Tuesday, February 21, 2012

Wisconsin bill limits recovery for victims of discrimination

The Wisconsin legislature has passed a bill that will eliminate the right of victims of discrimination to receive punitive damages or damages for emotional distress. Once the bill is passed into law, a discrimination claim will only allow the recovery of lost wages and attorneys' fees.
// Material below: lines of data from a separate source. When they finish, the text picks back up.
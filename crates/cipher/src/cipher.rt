// What a cipher means: one function F from blocks to blocks.
ghost use Rattle.std.specs.Prelude.{◌≡◌, ℕ};
ghost use Rattle.wire.specs.Kinds.{suite_number};
ghost use Rattle.wire.specs.declared.kind.Suite.{Suite as TheSuite};
ghost use Rattle.cipher.specs.Naming.{SealedKind};

use block::block::Block;
use wire::kind::Suite;

pub trait Cipher {
    type Block: Block;

    // Names the kind of frame that this cipher seals.
    const SUITE: Suite;

    // n, the bytes of a block.
    const N: usize;

    // What the constants are in clauses.
    ghost SUITE: { TheSuite };

    ghost N: { ℕ };

    // The cipher's meaning, F.
    ghost f: { Self → Self.Block → Self.Block };

    // What the law `wide` says comes with each answer, too.
    fn encrypt(&self, block: Self::Block) -> Self::Block
        ensures value { result ≡ f self.now block }
        ensures width { N ≡ Self.Block.Block.form.size };

    // The number is that of a sealed kind of the one list of kinds, and n is that kind's.
    ghost named: { SealedKind (suite_number SUITE) N };

    // And n is that of the kind of block.
    ghost wide: { N ≡ Self.Block.Block.form.size };
}
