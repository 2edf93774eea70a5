// Loading a key: one text for every cipher.
ghost use Rattle.std.specs.Prelude.{◌≡◌, ℕ, List, length, replicate};
ghost use Rattle.cipher.specs.Loading.{Loads};

use crate::cipher::Cipher;
use crate::guard::LentKey;
use wire::fault::RecordFault;

pub trait Keyed: Cipher {
    const KEY_LEN: usize;

    // What the constant is in clauses.
    ghost KEY_LEN: { ℕ };

    // The cipher under some key bytes.
    ghost under: { List ℕ → Self };

    // A cipher with a key of all 00.
    fn fresh() -> Self
        ensures { result ≡ under (replicate KEY_LEN 0) };

    // Takes these key bytes; `load` is the call that refuses any other count than `KEY_LEN`.
    fn set_key(&mut self, key: &[u8])
        ensures { self.new ≡ under key.now };
}

// Loads the lent key bytes into the lent cipher, and answers their count. Whatever the answer, the bytes end as 00.
pub fn load<C: Keyed>(cipher: &mut C, key: &mut [u8]) -> Result<usize, RecordFault>
    ensures step { Loads C.KEY_LEN C.under cipher.old key.old result cipher.new }
    ensures zeroed { key.new ≡ replicate (length key.old) 0 }
{
    let lent = LentKey { bytes: key };
    let bytes = lent.bytes();
    if bytes.len() != C::KEY_LEN {
        return Err(RecordFault::KeyLength);
    }
    cipher.set_key(bytes);
    Ok(bytes.len())
}
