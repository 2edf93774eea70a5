// The bench cipher, for tests on the ground: a block is xored with the key. It keeps nothing secret.
ghost use Rattle.std.specs.Prelude.{◌≡◌, replicate};
ghost use Rattle.block.specs.Kinds.{form8};
ghost use Rattle.wire.specs.declared.kind.Suite.TheVariants.{Bench as BenchSuite};
ghost use Rattle.cipher.specs.Bench.{bench_f, bench_under};
ghost use Rattle.std.proofs.Common.{rules};

use crate::cipher::Cipher;
use crate::load::Keyed;
use block::block::Block;
use block::block8::Block8;
use wire::kind::Suite;

#[derive(Drop)]
pub struct Bench {
    key: Block8,
}

impl Cipher for Bench {
    type Block = Block8;

    const SUITE: Suite = Suite::Bench;

    const N: usize = 8;

    ghost SUITE = { BenchSuite };

    ghost N = { 8 };

    ghost f = { bench_f };

    ghost named = { Prim.search rules };

    ghost wide = { Prim.search rules };

    fn encrypt(&self, block: Block8) -> Block8
        ensures value { result ≡ bench_f self.now block }
        ensures width { 8 ≡ form8.size }
    {
        block.xor(self.key)
    }
}

impl Keyed for Bench {
    const KEY_LEN: usize = 8;

    ghost KEY_LEN = { 8 };

    ghost under = { bench_under };

    fn fresh() -> Bench
        ensures { result ≡ bench_under (replicate 8 0) }
    {
        Bench {
            key: Block8::zero(),
        }
    }

    fn set_key(&mut self, key: &[u8])
        ensures { self.new ≡ bench_under key.now }
    {
        self.key = Block8::from_bytes(key);
    }
}
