// What a cipher means, how its key is loaded, and the bench cipher.
#![tactic(auto)]

pub mod bench;
pub mod cipher;
mod guard;
pub mod load;
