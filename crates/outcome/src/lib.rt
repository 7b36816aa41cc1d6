// What a call answers and leaves, no code: see specs/Outcome.antt.
#![tactic(auto)]
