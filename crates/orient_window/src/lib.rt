// The window about a keypoint: the cells that are read, and the test of what they read.
#![tactic(auto)]

ghost use Rattle.std.specs.Prelude.{◌≡◌, ◌+◌, ◌<◌, ◌≤◌, true, length};
ghost use Rattle.params.specs.Limits.{max_side, scale_low, scale_high};
ghost use Rattle.params.specs.Table.{within};
ghost use Rattle.orient_window.specs.Window.{radius_of, falloff_of, window_of};
ghost use Rattle.orient_window.specs.Good.{row_good, window_good};
ghost use Rattle.orient_window.specs.Place.{max_reach, Fits};

use picture::Size;
use samples::Area;

// The cells about the cell (row, col) of a picture that are read: so many rows from the top one, so many columns from the left one.
#[derive(Clone, Copy)]
pub struct Window {
    pub size: Size,
    pub row: usize,
    pub col: usize,
    pub top: usize,
    pub left: usize,
    pub rows: usize,
    pub cols: usize,
    pub falloff: f32,
}

// ---- the window

fn radius_of(scale: f32) -> usize
    requires { within scale_low scale_high scale ≡ true }
    ensures { (result ≡ radius_of scale) × (result ≤ max_reach) }
{
    std::num::truncating_f32_to_u64(ieee_whole::round_ties_even(4.5 * scale)) as usize
}

#[tactic(auto, unfolding(crate::specs::Window::falloff_of))]
fn falloff(scale: f32) -> f32
    ensures { result ≡ falloff_of scale }
{
    let sigma = 1.5 * scale;
    -1.0 / (2.0 * sigma * sigma)
}

// The window about a cell.
#[tactic(auto, unfolding(crate::specs::Window::window_of))]
pub fn window_of(s: Size, row: usize, col: usize, scale: f32) -> Window
    requires { (row < s.height) × ((col < s.width) × ((s.height ≤ max_side) × ((s.width ≤ max_side) × (within scale_low scale_high scale ≡ true)))) }
    ensures { result ≡ window_of s row col scale }
{
    let radius = radius_of(scale);
    let top = picture::first_in(row, radius);
    let left = picture::first_in(col, radius);
    Window {
        size: s,
        row,
        col,
        top,
        left,
        rows: picture::past_in(row, radius, s.height).saturating_sub(top),
        cols: picture::past_in(col, radius, s.width).saturating_sub(left),
        falloff: falloff(scale),
    }
}

// ---- the samples' neighbours

// Row i of the window.
fn row_good(img: &[f32], win: Window, i: usize) -> bool
    requires { Fits (length img.now) win × (i < win.rows) }
    ensures { result ≡ row_good img.now win (win.top + i) }
{
    let y = win.top + i;
    let mut ok = true;
    for j in 0..win.cols {
        ok &= samples::four_good(img, win.size, y, win.left + j);
    }
    ok
}

// Row by row.
fn cells_good(img: &[f32], win: Window) -> bool
    requires { Fits (length img.now) win }
    ensures { result ≡ window_good img.now win }
{
    (0..win.rows).all(|i| row_good(img, win, i))
}

// Whether the four neighbours of each cell are in range. The window with the cells round it holds them all, and its corners beside: where these are good nothing else is asked.
pub fn window_good(img: &[f32], win: Window) -> bool
    requires { Fits (length img.now) win }
    ensures { result ≡ window_good img.now win }
{
    if (win.rows > 0) & (win.cols > 0) {
        let area = Area {
            top: win.top,
            bottom: win.top + win.rows,
            left: win.left,
            right: win.left + win.cols,
        };
        if samples::area_good(img, win.size, area) {
            return true;
        }
    }
    cells_good(img, win)
}
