// One record out of a sheet's bytes, of any edition: its fields, whether it keeps the rules, and its words.
#![tactic(auto)]

ghost use Rattle.std.specs.Prelude.{◌≡◌, cond, ◌+◌, ◌-◌, ◌≤◌, eqb, length, get_or, take, drop};
ghost use Rattle.std.specs.List.{list_all};
ghost use Rattle.lists.specs.Pasted.{pasted};
ghost use Rattle.params.specs.Limits.{value_count};
ghost use Rattle.sheet.specs.Pack.{unpack};
ghost use Rattle.sheet.specs.Layout.{record_size, head_size, front_size, head_slots, float_slots};
ghost use Rattle.sheet.specs.Words.{read_words, head_words, float_words, front_words, unknown_of};
ghost use Rattle.sheet.specs.Writes.{frame_for};
ghost use Rattle.sheet_edition.specs.Edition.{layout_for};
ghost use Rattle.sheet_fields.specs.Fields.{head_values, HeadFits, float_values, FloatsFit, any_frame, bytes_front, bytes_words, record_bytes_right};

use sheet::{FRONT_WORDS, Frame, HEAD_WORDS, PLAIN_WORDS, VALUES};
use sheet_edition::Edition;
use sheet_fields::{Floats, Head};

// The whole numbers of a record's bytes.
fn head_in(e: Edition, bytes: &[u8]) -> Head
    requires { length bytes.now ≡ record_size (layout_for e) }
    ensures bytes_value { unpack (head_slots (layout_for e) any_frame) (take head_size bytes.now) ≡ head_values result }
    ensures head_fits { HeadFits (layout_for e) result }
{
    sheet_fields::cut_head(e, sheet_fields::get(bytes, 0, 6))
}

// Its floats.
fn floats_in(e: Edition, bytes: &[u8]) -> Floats
    requires { length bytes.now ≡ record_size (layout_for e) }
    ensures bytes_value { unpack (float_slots (layout_for e)) (take (front_size (layout_for e) - head_size) (drop head_size bytes.now)) ≡ float_values result }
    ensures floats_fit { FloatsFit result }
{
    Floats {
        x: sheet_fields::get(bytes, 6, 4),
        y: sheet_fields::get(bytes, 10, 4),
        size: sheet_fields::get(bytes, 14, 4),
        response: sheet_fields::get(bytes, 18, 4),
        angle: sheet_fields::get(bytes, 22, 4),
    }
}

// Its 128 values, which are its last bytes.
fn values_in(e: Edition, bytes: &[u8]) -> &[u8]
    requires { length bytes.now ≡ record_size (layout_for e) }
    ensures { result.now ≡ drop (front_size (layout_for e)) bytes.now }
{
    &bytes[e.bytes - VALUES..]
}

// Whether these are all zero.
fn values_zero(e: Edition, bytes: &[u8]) -> bool
    requires { length bytes.now ≡ record_size (layout_for e) }
    ensures { result ≡ list_all (λ v. eqb v 0) (drop (front_size (layout_for e)) bytes.now) }
{
    values_in(e, bytes).iter().all(|value| *value == 0)
}

// Whether a record's bytes keep the rules of a sheet of that frame; one that is blank has no value but 0.
pub fn record_right(e: Edition, frame: Frame, bytes: &[u8]) -> bool
    requires { length bytes.now ≡ record_size (layout_for e) }
    ensures { result ≡ record_bytes_right (layout_for e) (frame_for frame) bytes.now }
{
    let head = head_in(e, bytes);
    let whole = sheet_fields::head_right(e, frame, head);
    let floats = sheet_fields::floats_right(e, floats_in(e, bytes));
    (whole & floats) && (head.blank == 0 || values_zero(e, bytes))
}

// The added word: the blank bit, and where there is none 2, unknown, for a record whose 128 bytes are all zero.
fn blank_in(e: Edition, bytes: &[u8]) -> u32
    requires { length bytes.now ≡ record_size (layout_for e) }
    ensures { result ≡ cond (layout_for e).marked (get_or (unpack (head_slots (layout_for e) any_frame) (take head_size bytes.now)) head_words 0)
        (unknown_of (drop (front_size (layout_for e)) bytes.now)) }
{
    if e.marks == 2 {
        return head_in(e, bytes).blank as u32;
    }
    if values_zero(e, bytes) {
        return 2;
    }
    0
}

// Writes a record's 128 bytes as words at the place `to`.
fn take_values(e: Edition, bytes: &[u8], out: &mut [u32], to: usize)
    requires bytes_len { length bytes.now ≡ record_size (layout_for e) }
    requires value_count_in_bounds { to + value_count ≤ length out.old }
    ensures { out.new ≡ pasted to (drop (front_size (layout_for e)) bytes.now) out.old }
{
    for (i, value) in values_in(e, bytes).iter().enumerate() {
        out[to + i] = u32::from(*value);
    }
}

// Writes a record's whole numbers at the place `to`.
fn put_head(e: Edition, out: &mut [u32], to: usize, h: Head)
    requires head_words_in_bounds { to + head_words ≤ length out.old }
    requires head_fits { HeadFits (layout_for e) h }
    ensures { out.new ≡ pasted to (take head_words (head_values h)) out.old }
{
    out[to..to + HEAD_WORDS].copy_from_slice(&[
        h.row as u32,
        h.column as u32,
        h.octave as u32,
        h.layer as u32,
        h.code as u32,
    ]);
}

// Writes a record's floats at the place `to`.
fn put_floats(out: &mut [u32], to: usize, f: Floats)
    requires float_words_in_bounds { to + float_words ≤ length out.old }
    requires floats_fit { FloatsFit f }
    ensures { out.new ≡ pasted to (float_values f) out.old }
{
    out[to..to + (FRONT_WORDS - HEAD_WORDS)].copy_from_slice(&[
        f.x as u32,
        f.y as u32,
        f.size as u32,
        f.response as u32,
        f.angle as u32,
    ]);
}

// Writes both, from a record's bytes.
fn take_front(e: Edition, bytes: &[u8], out: &mut [u32], to: usize)
    requires bytes_len { length bytes.now ≡ record_size (layout_for e) }
    requires front_words_in_bounds { to + front_words ≤ length out.old }
    ensures { out.new ≡ pasted to (bytes_front (layout_for e) bytes.now) out.old }
{
    put_head(e, out, to, head_in(e, bytes));
    put_floats(out, to + HEAD_WORDS, floats_in(e, bytes));
}

// Writes a record's words at the place `to`.
pub fn take_record(e: Edition, bytes: &[u8], out: &mut [u32], to: usize)
    requires bytes_len { length bytes.now ≡ record_size (layout_for e) }
    requires read_words_in_bounds { to + read_words ≤ length out.old }
    ensures { out.new ≡ pasted to (bytes_words (layout_for e) bytes.now) out.old }
{
    let blank = blank_in(e, bytes);
    take_front(e, bytes, out, to);
    take_values(e, bytes, out, to + FRONT_WORDS);
    out[to + PLAIN_WORDS] = blank;
}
This bill will have a devastating effect on the right of workers to be free from discrimination. If an employee can only recover lost wages, then an employee who is discriminated at work – for instance, through sexual harassment or pervasive racial animosity – but has not been fired has no recourse in the law. Such an employee has not lost any wages. I suppose the theory of constructive discharge is still available, but that would force the employee to leave his or her job and hope that the court finds that a constructive discharge occurred.

Saturday, February 18, 2012

Is discrimination based on an unconscious bias illegal? New lawsuit says yes.

In a case pending in Iowa state court, over 6,000 black state residents allege that they were denied employment opportunities by the state government due to an implicit bias in favor of white residents. The case is highly unusual because it does not claim any direct discrimination, indirect discrimination, or that a facially-neutral employment practice has resulted in a discriminatory impact on minorities.  The case, rather, theorizes that the state government can be liable for discrimination based on unconscious bias alone, because such a bias disadvantaged blacks in their opportunities for jobs, promotions, and general advancement. A decision on the state's motion to dismiss is expected in a matter of weeks.

This writer finds this unconscious bias theory both compelling and problematic. It is absolutely true that unconscious prejudices play a role in personnel decisions. Everyone, no matter how "enlightened" or progressive, has biases toward some people or group, both positive and negative. In a state that is 91% white such as Iowa, it is entirely plausible, if not expected, that unconscious bias would adversely effect black residents seeking employment with the government.

But does that mean the group of people against whom such a bias exists should have a cause of action? There are certainly many unconscious biases that infect employment decisions. Creating liability here could compel employers to consciously think about race in order to make sure that they are not unconsciously thinking about race.

Better than penalizing the entire state government for unconscious bias, the law should allow affirmative action programs to rectify such a bias. Unfortunately, the Supreme Court has taken that option away.

Sunday, February 12, 2012

Is terminating an employee who asks to pump breast milk at work gender discrimination? Federal court says no.

A federal judge in Texas has ruled that a company did not discriminate against a new mother who claims she was fired after asking to pump breast milk at work. In the decision issued February 9, 2012, the judge reasoned that “firing someone because of lactation or breast-pumping is not sex discrimination.” This question has never been addressed by an appeals court, according to the Washington Post.

This writer wonders how the prohibition against gender discrimination does not cover an activity as intrinsically - indeed, biologically - female as breast-feeding. I suspect that if men were the ones who breast-fed newborns, employers would keep a ready supply of breast pumps like they do staplers. 

Wednesday, February 8, 2012

Federal appeals court: mixed motive analysis still OK in state age discrimination cases

The First Circuit Court of Appeals found recently that plaintiffs alleging age discrimination under state law do not need to satisfy the more onerous burden of proof established by the Supreme Court for federal age discrimination cases. In Diaz v. Jiten Hotel Management, the Court of Appeals affirmed a jury verdict in favor of a hotel worker on her state law age discrimination claim for which the district court had allowed a "mixed-motive" jury instruction. Proving discrimination based on a "mixed-motive" analysis requires showing that an unlawful consideration – here, age – was a motivating factor in the adverse employment decision. If the plaintiff establishes this, then the defendant must prove that it would have reached the same decision absent the unlawful consideration. The Supreme Court in Gross v. FBL Fin. Services has ruled that a mixed-motive analysis is not permitted under the federal Age Discrimination in Employment Act, meaning that a plaintiff under the federal statute must prove that age was the "but for" cause of the employment action. Under Chapter 151B, the state anti-discrimination statute that covers age discrimination, a mixed-motive analysis is still permitted.